Date: 2005-01-20 11:34 pm (UTC)Re: Btw.....
Date: 2005-01-23 02:18 am (UTC)Yes, #1 is very sweet, but he's also overly dependent upon you to help keep him functional and protect him against, among other things, the rampages of #2. A man who clings to you and tells you he could never live without you may be quite flattering and appealing, but he needs to learn to stand on his own and think and act for himself. He would become completely nonfunctional without you? That makes you responsible for his life. What about your responsibilities to yourself? How can you honour yourself and your own needs?
As for #2, do you really want to spend the rest of your life having to walk on eggs for fear of offending him? You've basically offered yourself not only as a wife and mother (Jesus, you want to have kids with a guy like #2 around?!) but as their therapist. Do you think you can help #2 with his anger issues? How can you maintain your own self-esteem with him cutting you down, making you feel you need to lie and smooth things over?
As for #3... This is more manipulation. He can always threaten you with the idea that he would go back to the other woman. You have said several times that you are afraid of losing them, but from the tone of your posts, that might not be such a bad thing.

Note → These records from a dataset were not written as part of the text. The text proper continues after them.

//! Stores over the disk, and the next start over the disk that remains.

use crate::power::disk::{Disk, Shared};
use crate::power::filed::{Due, Filed, Kept};
use crate::power::mounted::Mounted;
use crate::power::powered_wire::PoweredWire;
use crate::power::stores::Life;
use crate::power::survivors::Tries;
use fixtures::bytes::after_first;
use fixtures::folders::is_filed;
use fixtures::{Step, drive};
use folder_filing::{FolderFiling, FolderWriter};
use std::alloc::Global;
use std::io;

/// The file of the next start.
pub(crate) const NEXT: &[u8] = b"next";

/// Opens the disk's folder.
pub(crate) fn open_writer(
    alloc: Global,
    disk: &Shared,
    kept: Kept,
) -> io::Result<FolderWriter<Mounted>> {
    let disk = disk.clone()?;
    let mounted = Mounted { alloc, disk };
    match kept {
        Kept::Flat => FolderWriter::open(mounted, "disk"),
        Kept::Levels => FolderWriter::open_levels(mounted, "disk", 2),
    }
}

/// Opens the disk's folder for one filing.
pub(crate) fn open(alloc: Global, disk: &Shared, kept: Kept) -> io::Result<FolderFiling<Mounted>> {
    let mut writer = open_writer(alloc, disk, kept)?;
    writer.filing()
}

/// Feeds the stores of an association, which the peer then closes. Returns the replies.
pub(crate) fn replies_of(
    alloc: Global,
    disk: &Shared,
    filing: FolderFiling<Mounted>,
    life: &Life,
) -> io::Result<Vec<u8>> {
    let mut filing = filing;
    let mut wire = PoweredWire::new(alloc, disk.clone()?);
    let steps = [
        Step::Piece(life.request.as_slice()),
        Step::Piece(life.messages.as_slice()),
        Step::Closed,
    ];
    let _shown = drive::<_, _, 64>(&mut wire, &mut filing, &steps);
    Ok(Vec::from_slice(alloc, after_first(wire.sent()))?)
}

/// Adds the expected files of a life of which this many stores got their reply.
pub(crate) fn add_due<'a>(
    due: &mut Vec<Due<'a>>,
    life: &'a Life,
    answered: usize,
) -> io::Result<()> {
    for (at, store) in life.stores.iter().enumerate() {
        if !store.file.is_empty() {
            due.push(Due {
                file: store.file.as_slice(),
                must: at < answered,
                may: true,
            })?;
        }
    }
    Ok(())
}

/// Files one more file over the disk that remains. Returns whether the file exists under the next
/// number, there is no draft, and the expected files still exist.
fn continues(alloc: Global, remaining: Disk, kept: Kept, due: &[Due]) -> io::Result<bool> {
    let before = Filed::of(alloc, &remaining, kept)?;
    if !before.is_due(&remaining, due)? {
        return Ok(false);
    }
    let disk = remaining.shared()?;
    let mut filing = open(alloc, &disk, kept)?;
    let is_done = !disk.try_borrow()?.has_draft()? && is_filed(&mut filing, NEXT);
    let disk = disk.try_borrow()?;
    let now = Filed::of(alloc, &disk, kept)?;
    Ok(
        is_done
            && now.is_due(&disk, due)?
            && before.is_next(kept, &disk, &now, NEXT)?
            && !disk.has_draft()?,
    )
}

/// Loses power. Returns how many of the states that may remain were tried, or `None` if `continues`
/// fails for one.
pub(crate) fn tried_states(
    alloc: Global,
    disk: &Disk,
    kept: Kept,
    due: &[Due],
) -> io::Result<Option<u64>> {
    let mut tries = Tries::new(disk.pending());
    for tried in 0..2000u64 {
        let Some(choices) = tries.next_choices() else {
            return Ok(Some(tried));
        };
        if !continues(alloc, disk.survivor(choices)?, kept, due)? {
            return Ok(None);
        }
    }
    Ok(None)
}
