//! A folder of the disk: its entries, and which of them are durable.

use crate::power::name::Name;
use crate::power::survivors::Choices;
use std::alloc::{AllocError, Global};

/// What a name stands for, by its index in the disk.
#[derive(Clone, Copy, PartialEq, Eq)]
pub(crate) enum Node {
    File(usize),
    Folder(usize),
}

#[derive(Clone, Copy)]
pub(crate) struct Entry {
    pub(crate) name: Name,
    pub(crate) node: Node,
}

/// A change of a folder that may be lost.
#[derive(Clone, Copy)]
enum Change {
    Added(Entry),
    Removed(Name),
}

/// The entries of a folder.
#[derive(Drop)]
pub(crate) struct Folder {
    entries: Vec<Entry>,
    /// The entries at the last sync.
    durable: Vec<Entry>,
    /// The changes since then, in order.
    changes: Vec<Change>,
}

/// Returns the entries without the one with this name.
fn without(alloc: Global, entries: &[Entry], name: Name) -> Result<Vec<Entry>, AllocError> {
    let mut kept = Vec::new(alloc);
    for entry in entries {
        if entry.name != name {
            kept.push(*entry)?;
        }
    }
    Ok(kept)
}

/// Returns the entries after a change.
fn changed(alloc: Global, entries: &[Entry], change: Change) -> Result<Vec<Entry>, AllocError> {
    match change {
        Change::Added(entry) => {
            let mut entries = without(alloc, entries, entry.name)?;
            entries.push(entry)?;
            Ok(entries)
        }
        Change::Removed(name) => without(alloc, entries, name),
    }
}

impl Folder {
    /// Returns a folder with these entries, all of them durable.
    fn of(alloc: Global, entries: &[Entry]) -> Result<Folder, AllocError> {
        Ok(Folder {
            entries: Vec::from_slice(alloc, entries)?,
            durable: Vec::from_slice(alloc, entries)?,
            changes: Vec::new(alloc),
        })
    }

    pub(crate) fn new(alloc: Global) -> Result<Folder, AllocError> {
        Folder::of(alloc, &[])
    }

    pub(crate) fn entries(&self) -> &[Entry] {
        self.entries.as_slice()
    }

    /// Returns what a name stands for, if it exists.
    pub(crate) fn node(&self, name: Name) -> Option<Node> {
        for entry in self.entries() {
            if entry.name == name {
                return Some(entry.node);
            }
        }
        None
    }

    fn change(&mut self, alloc: Global, change: Change) -> Result<(), AllocError> {
        self.entries = changed(alloc, self.entries.as_slice(), change)?;
        self.changes.push(change)?;
        Ok(())
    }

    /// Gives a name to a node, replacing any other.
    pub(crate) fn add(&mut self, alloc: Global, name: Name, node: Node) -> Result<(), AllocError> {
        self.change(alloc, Change::Added(Entry { name, node }))
    }

    pub(crate) fn remove(&mut self, alloc: Global, name: Name) -> Result<(), AllocError> {
        self.change(alloc, Change::Removed(name))
    }

    /// Makes all changes durable.
    pub(crate) fn sync(&mut self, alloc: Global) -> Result<(), AllocError> {
        self.durable = Vec::from_slice(alloc, self.entries.as_slice())?;
        self.changes.clear();
        Ok(())
    }

    /// Returns how many changes may be lost.
    pub(crate) fn pending(&self) -> usize {
        self.changes.len()
    }

    /// Returns whether this file has a name here, or may have one after a loss of power.
    pub(crate) fn may_name(&self, file: usize) -> bool {
        for entry in &self.durable {
            if entry.node == Node::File(file) {
                return true;
            }
        }
        for change in &self.changes {
            if let Change::Added(entry) = change {
                if entry.node == Node::File(file) {
                    return true;
                }
            }
        }
        false
    }

    /// Returns the folder that remains if each change survives by these choices.
    pub(crate) fn survivor(
        &self,
        alloc: Global,
        choices: &mut Choices,
    ) -> Result<Folder, AllocError> {
        let mut entries = Vec::from_slice(alloc, self.durable.as_slice())?;
        for change in &self.changes {
            if choices.survives() {
                entries = changed(alloc, entries.as_slice(), *change)?;
            }
        }
        Folder::of(alloc, entries.as_slice())
    }
}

This is about your self-respect and how much of it you are willing to give up to be in this kind of relationship.
Re: Btw.....
Date: 2005-01-23 12:24 pm (UTC)Does put things in perspective a bit.
I need to make things clear to them. #2 especially that this isn't how i want to live my life.

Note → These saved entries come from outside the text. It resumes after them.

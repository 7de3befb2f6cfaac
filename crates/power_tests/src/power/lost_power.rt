//! Power is lost before each call to the disk in turn, and each state that may remain is tried: a
//! file that was answered is there, any other is whole or gone, and the next start continues.
//!
//! That answered files survive follows from the system calls that a filing records (the laws of
//! `folder_filing`); here the disk sees the calls that are made.

use crate::power::disk::{Disk, Shared};
use crate::power::filed::{Due, Kept};
use crate::power::lives::{NEXT, add_due, open, replies_of, tried_states};
use crate::power::stores::{Life, first_life, second_life};
use crate::power::trouble::Trouble;
use std::alloc::Global;
use std::io;
use std::test::Fail;

/// Returns how many stores of a life got their reply; 0 if the folder could not be opened without
/// power, and `None` if the replies are not as expected.
fn answered_in(alloc: Global, disk: &Shared, kept: Kept, life: &Life) -> io::Result<Option<usize>> {
    match open(alloc, disk, kept) {
        Ok(filing) => {
            let replies = replies_of(alloc, disk, filing, life)?;
            Ok(life.answered(replies.as_slice()))
        }
        Err(error) if disk.try_borrow()?.has_power() => Err(error),
        Err(_) => Ok(Some(0)),
    }
}

/// Runs both lives and loses power at a call. Returns how many states were tried and whether power
/// lasted to the end, or `None` if anything is not as expected.
fn states_at(
    alloc: Global,
    lives: &[Life; 2],
    kept: Kept,
    trouble: Trouble,
) -> io::Result<Option<(u64, bool)>> {
    let disk = Disk::new(alloc, trouble)?.shared()?;
    let mut due = Vec::new(alloc);
    for life in lives {
        let Some(answered) = answered_in(alloc, &disk, kept, life)? else {
            return Ok(None);
        };
        add_due(&mut due, life, answered)?;
    }
    due.push(Due {
        file: NEXT,
        must: false,
        may: true,
    })?;
    let disk = disk.try_borrow()?;
    match tried_states(alloc, &disk, kept, due.as_slice())? {
        Some(tried) => Ok(Some((tried, disk.has_power()))),
        None => Ok(None),
    }
}

/// Loses power at each call in turn. Returns how many states were tried, or `None` if anything is
/// not as expected.
fn states(alloc: Global, kept: Kept) -> io::Result<Option<u64>> {
    let lives = [first_life(alloc)?, second_life(alloc)?];
    let mut states = 0u64;
    for at in 0..500usize {
        let trouble = Trouble {
            power_ends: Some(at),
            ..Trouble::NONE
        };
        match states_at(alloc, &lives, kept, trouble)? {
            Some((tried, false)) => states = states.saturating_add(tried),
            Some((_, true)) => return Ok(Some(states)),
            None => return Ok(None),
        }
    }
    Ok(None)
}

#[test]
fn answered_files_survive_in_one_folder(rt: HostRuntime) -> Result<(), Fail> {
    assert!(rt; states(rt.alloc(), Kept::Flat)? > Some(5000));
    Ok(())
}

#[test]
fn answered_files_survive_in_levels(rt: HostRuntime) -> Result<(), Fail> {
    assert!(rt; states(rt.alloc(), Kept::Levels)? > Some(5000));
    Ok(())
}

Although i do want to add that one day when we do have kids that would be the end of it. They have had a very strict religious upbringing and are firm believers that if you get a woman pregnant - that is it, for better and worse, richer and poorer and all that. Once you have a child with somebody - regardless of your emotional attachment with them (or lack of) You have to be prepared to marry them.
This view is quite twisted in my eyes and i think that a baby would be better brought up with two separated parents than two parents who hate each other and fight all the time.

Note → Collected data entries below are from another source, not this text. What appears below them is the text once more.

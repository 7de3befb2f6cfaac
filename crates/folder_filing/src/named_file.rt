//! Files that were just named.
ghost use Rattle.std.specs.Prelude.{◌≡◌};
ghost use Rattle.folder_filing.specs.Naming.{IsNewest, standing};
ghost use Rattle.folder_filing.specs.Synced.{is_moved};

use crate::folder_calls::FolderCalls;
use crate::folder_identity::FolderIdentity;
use crate::location::Location;
use crate::naming::{Named, Target};

/// A file that the system has just named: only [`NamedFile::newest`] makes one.
#[derive(Clone, Copy)]
pub(crate) struct NamedFile {
    location: Location,
    how: Named,
    /// The subfolder that had this number right before the file was named.
    folder: Option<FolderIdentity>,
}

impl NamedFile {
    /// Returns the file that was named last, with the name of this target.
    pub(crate) fn newest(target: Target<'_>, how: Named, _calls: &FolderCalls) -> NamedFile
        requires { ∥ IsNewest target.location (standing _calls.now) ∥₁ }
        ensures location { result.location ≡ target.entry.location }
        ensures how { result.how ≡ how }
    {
        NamedFile {
            location: target.location,
            how,
            folder: target.folder,
        }
    }

    pub(crate) fn location(self) -> Location
        ensures { result ≡ self.location }
    {
        self.location
    }

    pub(crate) fn how(self) -> Named
        ensures { result ≡ self.how }
    {
        self.how
    }

    pub(crate) fn folder(self) -> Option<FolderIdentity>
        ensures { result ≡ self.folder }
    {
        self.folder
    }

    /// Returns whether the draft of the file was renamed from another folder.
    pub(crate) fn has_remaining(self) -> bool
        ensures { result ≡ is_moved self }
    {
        self.location.folder != 0 && self.how == Named::Renamed
    }
}
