//! The names of received files and of their subfolders: a letter and seven digits.
ghost use Rattle.std.specs.Prelude.{◌≡◌, ◌≤◌, IfSome, length};
ghost use Rattle.folder_filing.specs.EntryNames.{entry_number, first_letter, number_after};

use std::alloc::Allocator;
use std::fs::DirEntry;
use std::rt::Files;
use std::{fmt, io};

/// The kind of a name.
#[derive(Clone, Copy)]
pub enum EntryKind {
    /// A received file: `I` and seven digits.
    File,
    /// A subfolder of received files: `S` and seven digits.
    Folder,
}

/// Returns the value of seven decimal digits, or `None` if one of the bytes is no digit.
fn number_of(digits: &[u8]) -> Option<u32>
    requires seven { length digits.now ≡ 7 }
    ensures number { result ≡ number_after 0 digits.now }
    ensures most { IfSome result (λ n. n ≤ 9999999) }
{
    let mut number: u32 = 0;
    for byte in digits {
        if *byte < b'0' || *byte > b'9' {
            return None;
        }
        number = number * 10 + u32::from(*byte - b'0');
    }
    Some(number)
}

impl EntryKind {
    /// Returns the first letter of the names of this kind.
    fn letter(self) -> u8
        ensures { result ≡ first_letter self }
    {
        match self {
            EntryKind::File => b'I',
            EntryKind::Folder => b'S',
        }
    }

    /// Returns the name of this kind with this number.
    pub fn name(self, number: u32) -> EntryName {
        EntryName { kind: self, number }
    }

    /// Returns the number in a name of this kind, at most 9,999,999, or `None` if the name has
    /// another form.
    pub fn number_in(self, name: &str) -> Option<u32>
        ensures number { result ≡ entry_number self name.now }
        ensures most { IfSome result (λ n. n ≤ 9999999) }
    {
        self.number_in_bytes(name.as_bytes())
    }

    /// Returns the number in a name of this kind, as `number_in` does, from bytes.
    pub(crate) fn number_in_bytes(self, name: &[u8]) -> Option<u32>
        ensures number { result ≡ entry_number self name.now }
        ensures most { IfSome result (λ n. n ≤ 9999999) }
    {
        let (first, digits) = name.split_first()?;
        if *first != self.letter() || digits.len() != 7 {
            return None;
        }
        number_of(digits)
    }

    /// Returns the number in the name of a directory entry, or `None` if the name is not of this
    /// kind or, for a subfolder, the entry is no directory.
    ///
    /// Fails if the file type of the entry cannot be read.
    pub fn number_of<R: Files + Drop, A: Allocator>(
        self,
        entry: &DirEntry<R, A>,
    ) -> io::Result<Option<u32>> {
        let number = self.number_in(entry.file_name());
        if number.is_some() && matches!(self, EntryKind::Folder) && !entry.file_type()?.is_dir() {
            return Ok(None);
        }
        Ok(number)
    }
}

/// The name of a received file or of a subfolder.
#[derive(Clone, Copy)]
pub struct EntryName {
    pub kind: EntryKind,
    /// The number in the name, at most 9,999,999.
    pub number: u32,
}

/// Prints the letter and the seven digits, as `I0000001`.
impl fmt::Display for EntryName {
    fn fmt<W: fmt::Write>(&self, f: &mut fmt::Formatter<W>) -> fmt::Result {
        let letter = char::from(self.kind.letter());
        write!(f, "{letter}{:07}", self.number)
    }
}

But anyway, at least this means that if i stayed with them like this then it wouldn't last forever!
It's not a matter of being flattered by #1, i know that he is very reliant on me to look after him and i am willing to protect him but i need to straighten things out with the other two in order for that to happen.
I know that i cannnot continue with them like this and i am going to have to have serious talks with all three of them (just probably not altogether quite yet!)
I have been with them for so long that i have grown used to their shit really, which isn't a good thing i know but it isn't as bad as it seems to all you guys. I was pretty upset the other night, i'm going through some serious dips in hormone levels since i switched medications.
I think the biggest problem is that they don't like each other, #2 can't stand #1 and #1 thinks #2 is cruel. This means that they never do things "for the good of the system" and only for themselves. I think what i need to do is make them realise that they have to start doing things as a whole - they all are still individuals but they need to start being more considerate to each other.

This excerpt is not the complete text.